- Date: 23 September 2025
- Locations: Xinjiang, China
- Previous event: 60th anniversary of the Xinjiang Uygur Autonomous Region
- Participants: National leaders
- General Secretary of the CCP: Xi Jinping

= 70th anniversary of the Xinjiang Uygur Autonomous Region =

The 70th Anniversary of the Xinjiang Uygur Autonomous Region (庆祝新疆维吾尔自治区成立70周年) in 2025 consisted of a series of events conducted on 23 September 2025 to honor the founding of the Xinjiang Uygur Autonomous Region. Xi Jinping, General Secretary of the Chinese Communist Party, participated in the celebratory meeting, marking the first time the CCP General Secretary attended an event commemorating Xinjiang Uygur Autonomous Region's anniversary.

== Engagements ==
Xi Jinping, General Secretary of the Chinese Communist Party, participated in the celebratory meeting, marking the first time the CCP General Secretary attended an event commemorating Xinjiang Uygur Autonomous Region's anniversary.
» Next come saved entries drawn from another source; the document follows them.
//! The clauses of a run's edges, and of its start.

ghost use Rattle.std.specs.Prelude.{◌≡◌, ◌≢◌, ◌+◌, ◌*◌, ◌/◌, ◌^◌, ◌<◌, ◌≤◌, [], ◌∷◌, ◌++◌, length, map, slice_get, OnOk, IfSome};
ghost use Rattle.gate_graph.specs.Gates.{IsOf, IsLow};
ghost use Rattle.gate_graph.specs.Values.{at};
ghost use Rattle.unroll_cnf.specs.Cones.{marks_at};
ghost use Rattle.unroll_cnf.specs.Queries.{offset, within, gate_clauses, same_clauses, next_clauses, latch_clauses, first_clauses, starting, start_clauses, literal_at, edge_clauses, link_clauses, starts_clauses, run_clauses, good_clauses};

use crate::cones::is_marked;
use crate::literals::{denied_literal, negated_literal, plain_literal, wire_literal};
use gate_graph::{Circuit, Latch, Node, Start};
use lemma_checker::clauses::Clauses;
use lemma_checker::literal::Literal;
use std::alloc::AllocError;
use std::vec::Vec;

/// Adds a clause of one literal.
pub(crate) fn push_one(out: &mut Clauses, a: Literal) -> Result<(), AllocError>
    ensures { OnOk result (out.new ≡ out.old ++ (a ∷ []) ∷ []) }
{
    out.push(&[a])?;
    Ok(())
}

/// Adds a clause of two literals.
pub(crate) fn push_two(out: &mut Clauses, a: Literal, b: Literal) -> Result<(), AllocError>
    requires { a.0 ≢ b.0 }
    ensures { OnOk result (out.new ≡ out.old ++ (a ∷ b ∷ []) ∷ []) }
{
    out.push(&[a, b])?;
    Ok(())
}

/// Adds a clause of three literals.
fn push_three(out: &mut Clauses, a: Literal, b: Literal, c: Literal) -> Result<(), AllocError>
    requires ab { a.0 ≢ b.0 }
    requires ac { a.0 ≢ c.0 }
    requires bc { b.0 ≢ c.0 }
    ensures { OnOk result (out.new ≡ out.old ++ (a ∷ b ∷ c ∷ []) ∷ []) }
{
    out.push(&[a, b, c])?;
    Ok(())
}

/// The variable of node 0 at edge `t`.
pub(crate) fn first_variable(circuit: &Circuit, t: u32) -> u32
    requires early { t ≤ 33 }
    ensures value { result ≡ offset circuit.now t }
    ensures small { result ≤ 2 ^ 26 }
{
    t * circuit.graph.size() + 1
}

/// Adds that node `i` has the value that it says.
fn push_gate(out: &mut Clauses, first: u32, i: u32, node: Node) -> Result<(), AllocError>
    requires first { first ≤ 2 ^ 26 }
    requires place { i < 2 ^ 20 }
    requires low { IsLow i node }
    ensures { OnOk result (out.new ≡ out.old ++ gate_clauses first i node) }
{
    let variable = i + first;
    match node {
        Node::Zero => push_one(out, negated_literal(variable)),
        Node::Latch(_) | Node::Input(_) => Ok(()),
        Node::And(a, b) => {
            let left = wire_literal(first, a);
            let right = wire_literal(first, b);
            push_two(out, negated_literal(variable), left)?;
            push_two(out, negated_literal(variable), right)?;
            push_three(
                out,
                plain_literal(variable),
                denied_literal(left),
                denied_literal(right),
            )
        }
    }
}

/// Adds that node `i`, if it is marked, has the value that it says.
fn push_marked_gate(
    out: &mut Clauses,
    marks: &[bool],
    first: u32,
    i: u32,
    node: Node,
) -> Result<(), AllocError>
    requires first { first ≤ 2 ^ 26 }
    requires place { i < 2 ^ 20 }
    requires low { IsLow i node }
    ensures { OnOk result (out.new ≡ out.old ++ within (at marks.now) (gate_clauses first) i node) }
{
    if is_marked(marks, i) {
        push_gate(out, first, i, node)
    } else {
        Ok(())
    }
}

/// Adds that each marked node has at edge `t` the value that it says.
pub(crate) fn push_edge(
    out: &mut Clauses,
    circuit: &Circuit,
    marks: &[bool],
    t: u32,
) -> Result<(), AllocError>
    requires early { t ≤ 33 }
    ensures { OnOk result (out.new ≡ out.old ++ edge_clauses circuit.now (at marks.now) t) }
{
    let first = first_variable(circuit, t);
    for i in 0..circuit.graph.size() {
        push_marked_gate(out, marks, first, i, circuit.graph.node(i))?;
    }
    Ok(())
}

/// Latch `n`, if there is one.
pub(crate) fn latch_of(circuit: &Circuit, n: u32) -> Option<Latch>
    ensures value { result ≡ slice_get circuit.now.latches.items n }
    ensures of { IfSome result (λ l. IsOf l.next circuit.now.graph) }
{
    circuit.latches.get(n as usize).copied()
}

/// Adds that the variable has the value of the literal.
fn push_same(out: &mut Clauses, variable: u32, literal: Literal) -> Result<(), AllocError>
    requires small { variable < 2 ^ 31 }
    requires other { literal.0 / 2 ≢ variable }
    ensures { OnOk result (out.new ≡ out.old ++ same_clauses variable literal) }
{
    push_two(out, negated_literal(variable), literal)?;
    push_two(out, plain_literal(variable), denied_literal(literal))
}

/// Adds that the latch's variable has the value of its next wire at the edge before.
fn push_next(
    out: &mut Clauses,
    circuit: &Circuit,
    first: u32,
    variable: u32,
    number: u32,
) -> Result<(), AllocError>
    requires first { first ≤ 2 ^ 26 }
    requires small { variable < 2 ^ 31 }
    requires later { first + length circuit.now.graph ≤ variable }
    ensures { OnOk result (out.new ≡ out.old ++ next_clauses first variable (slice_get circuit.now.latches.items number)) }
{
    match latch_of(circuit, number) {
        Some(latch) => push_same(out, variable, wire_literal(first, latch.next)),
        None => Ok(()),
    }
}

/// Adds that node `i`, if it is a latch, goes to the edge where node 0 has the variable `second`.
fn push_latch(
    out: &mut Clauses,
    circuit: &Circuit,
    first: u32,
    second: u32,
    i: u32,
    node: Node,
) -> Result<(), AllocError>
    requires first { first ≤ 2 ^ 26 }
    requires second { second ≤ 2 ^ 26 }
    requires place { i < 2 ^ 20 }
    requires later { first + length circuit.now.graph ≤ second }
    ensures { OnOk result (out.new ≡ out.old ++ latch_clauses circuit.now.latches.items first second i node) }
{
    match node {
        Node::Latch(number) => push_next(out, circuit, first, i + second, number),
        Node::Zero | Node::Input(_) | Node::And(_, _) => Ok(()),
    }
}

/// Adds that node `i`, if it is a marked latch, goes to the edge where node 0 has the variable `second`.
fn push_marked_latch(
    out: &mut Clauses,
    circuit: &Circuit,
    marks: &[bool],
    first: u32,
    second: u32,
    i: u32,
    node: Node,
) -> Result<(), AllocError>
    requires first { first ≤ 2 ^ 26 }
    requires second { second ≤ 2 ^ 26 }
    requires place { i < 2 ^ 20 }
    requires later { first + length circuit.now.graph ≤ second }
    ensures { OnOk result (out.new ≡ out.old ++ within (at marks.now) (latch_clauses circuit.now.latches.items first second) i node) }
{
    if is_marked(marks, i) {
        push_latch(out, circuit, first, second, i, node)
    } else {
        Ok(())
    }
}

/// Adds that each marked latch goes from edge `t` to the next.
pub(crate) fn push_link(
    out: &mut Clauses,
    circuit: &Circuit,
    marks: &[bool],
    t: u32,
) -> Result<(), AllocError>
    requires early { t < 33 }
    ensures { OnOk result (out.new ≡ out.old ++ link_clauses circuit.now (at marks.now) t) }
{
    let first = first_variable(circuit, t);
    let second = first_variable(circuit, t + 1);
    for i in 0..circuit.graph.size() {
        let node = circuit.graph.node(i);
        push_marked_latch(out, circuit, marks, first, second, i, node)?;
    }
    Ok(())
}

/// Adds that the latch's variable has a value that the latch may start with.
fn push_first(
    out: &mut Clauses,
    circuit: &Circuit,
    variable: u32,
    number: u32,
) -> Result<(), AllocError>
    requires small { variable < 2 ^ 31 }
    ensures { OnOk result (out.new ≡ out.old ++ starting variable (slice_get circuit.now.latches.items number)) }
{
    match latch_of(circuit, number) {
        Some(latch) => push_start(out, variable, latch.start),
        None => Ok(()),
    }
}

/// Adds that the variable has a value of this start.
fn push_start(out: &mut Clauses, variable: u32, start: Start) -> Result<(), AllocError>
    requires small { variable < 2 ^ 31 }
    ensures { OnOk result (out.new ≡ out.old ++ first_clauses variable start) }
{
    match start {
        Start::Zero => push_one(out, negated_literal(variable)),
        Start::One => push_one(out, plain_literal(variable)),
        Start::Free => Ok(()),
    }
}

/// Adds that node `i`, if it is a latch, starts as it may.
fn push_started(
    out: &mut Clauses,
    circuit: &Circuit,
    first: u32,
    i: u32,
    node: Node,
) -> Result<(), AllocError>
    requires first { first ≤ 2 ^ 26 }
    requires place { i < 2 ^ 20 }
    ensures { OnOk result (out.new ≡ out.old ++ start_clauses circuit.now.latches.items first i node) }
{
    match node {
        Node::Latch(number) => push_first(out, circuit, i + first, number),
        Node::Zero | Node::Input(_) | Node::And(_, _) => Ok(()),
    }
}

/// Adds that each latch starts as it may.
pub(crate) fn push_starts(out: &mut Clauses, circuit: &Circuit) -> Result<(), AllocError>
    ensures { OnOk result (out.new ≡ out.old ++ starts_clauses circuit.now) }
{
    let first = first_variable(circuit, 0);
    for i in 0..circuit.graph.size() {
        push_started(out, circuit, first, i, circuit.graph.node(i))?;
    }
    Ok(())
}

/// Adds the edges 0 to `last`, each linked to the next; `cones` marks the nodes of each, those of the
/// last edge first.
pub(crate) fn push_run(
    out: &mut Clauses,
    circuit: &Circuit,
    cones: &[Vec<bool>],
    last: u32,
) -> Result<(), AllocError>
    requires early { last ≤ 33 }
    requires cones { length cones.now ≡ last + 1 }
    ensures { OnOk result (out.new ≡ out.old ++ run_clauses circuit.now (marks_at (map (λ m. m.items) cones.now) last) last) }
{
    push_edge(out, circuit, cones[last as usize].as_slice(), 0)?;
    for t in 0..last {
        let marks = cones[(last - t - 1) as usize].as_slice();
        push_link(out, circuit, marks, t)?;
        push_edge(out, circuit, marks, t + 1)?;
    }
    Ok(())
}

/// Adds that edge `t` is bad.
pub(crate) fn push_bad(out: &mut Clauses, circuit: &Circuit, t: u32) -> Result<(), AllocError>
    requires early { t ≤ 33 }
    ensures { OnOk result (out.new ≡ out.old ++ (literal_at (offset circuit.now t) circuit.now.bad ∷ []) ∷ []) }
{
    push_one(out, wire_literal(first_variable(circuit, t), circuit.bad))
}

/// Adds that the first `k` edges are good.
pub(crate) fn push_good(out: &mut Clauses, circuit: &Circuit, k: u32) -> Result<(), AllocError>
    requires early { k ≤ 33 }
    ensures { OnOk result (out.new ≡ out.old ++ good_clauses circuit.now k) }
{
    for t in 0..k {
        let literal = wire_literal(first_variable(circuit, t), circuit.bad);
        push_one(out, denied_literal(literal))?;
    }
    Ok(())
}
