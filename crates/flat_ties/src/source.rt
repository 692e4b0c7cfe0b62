//! The top inputs to which chains of plain port connections lead.

ghost use Rattle.std.specs.Prelude.{◌≡◌, ◌<◌, ℕ, List, Bool, false, length, replicate, OnOk, IfOk};
ghost use Rattle.flat_design.specs.Bits.{net_at};
ghost use Rattle.flat_drives.specs.Drives.{is_input};
ghost use Rattle.flat_ties.specs.Ties as tie_spec;
ghost use Rattle.flat_ties.specs.Sources as spec;
ghost use Rattle.flat_design.specs.declared.item.FlatItem.{FlatItem as ItemOf};

use crate::tie::{net_in, ties};
use flat_design::item::FlatItem;
use flat_design::net::{Net, NetKind};
use flat_sets::NumberSet;
use std::alloc::{AllocError, Global};
use std::vec::Vec;

/// Whether a number is that of a top input.
fn is_input(nets: &[Net], number: u32) -> bool
    ensures { result ≡ is_input (net_at nets.now number).kind }
{
    match nets.get(number as usize) {
        None => false,
        Some(net) => match net.kind {
            NetKind::Clock | NetKind::Input => true,
            _ => false,
        },
    }
}

/// The source of a net: the top input to which a chain of plain port connections leads from it. The set is empty before.
fn source_of(
    nets: &[Net],
    ties: &[Option<u32>],
    seen: &mut NumberSet,
    net: u32,
) -> Result<Option<u32>, AllocError>
    requires empty { seen.old ≡ replicate (length nets.now) false }
    ensures long { OnOk result (length seen.new ≡ length seen.old) }
    ensures source { (items : List ItemOf) → ((m : ℕ) → tie_spec.net_in ties.now m ≡ tie_spec.tied items m) → IfOk result (λ o. spec.IsSourceOf nets.now items net o) }
{
    let mut at = net;
    for _step in 0..nets.len() {
        if is_input(nets, at) {
            return Ok(Some(at));
        }
        if at as usize >= seen.bound() || seen.has(at as usize) {
            return Ok(None);
        }
        seen.add(at as usize)?;
        match net_in(ties, at) {
            None => return Ok(None),
            Some(next) => at = next,
        }
    }
    Ok(None)
}

/// For each net its source: the top input to which a chain of plain port connections leads from it.
pub fn sources(
    alloc: Global,
    nets: &[Net],
    items: &[FlatItem],
) -> Result<Vec<Option<u32>>, AllocError>
    requires few { length nets.now < 4294967296 }
    ensures { IfOk result (λ sources. spec.AreSources nets.now items.now sources.items) }
{
    let ties = ties(alloc, items)?;
    let mut seen = NumberSet::empty(alloc, nets.len())?;
    let mut out = Vec::new(alloc);
    for number in 0..nets.len() {
        let source = source_of(nets, ties.as_slice(), &mut seen, number as u32)?;
        seen.clear();
        out.push(source)?;
    }
    Ok(out)
}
During his visit, he called on officials to hold the "people’s line of defense against terrorism and instability", foster a sense of community for the Chinese nation, and promote tourism.

Wang Huning, a member of the Politburo Standing Committee of the Chinese Communist Party and the Chairman of the Chinese People's Political Consultative Conference, delivered a speech, where he praised CCP policies regarding Xinjiang. Xi was also accompanied by CCP Office Director Cai Qi.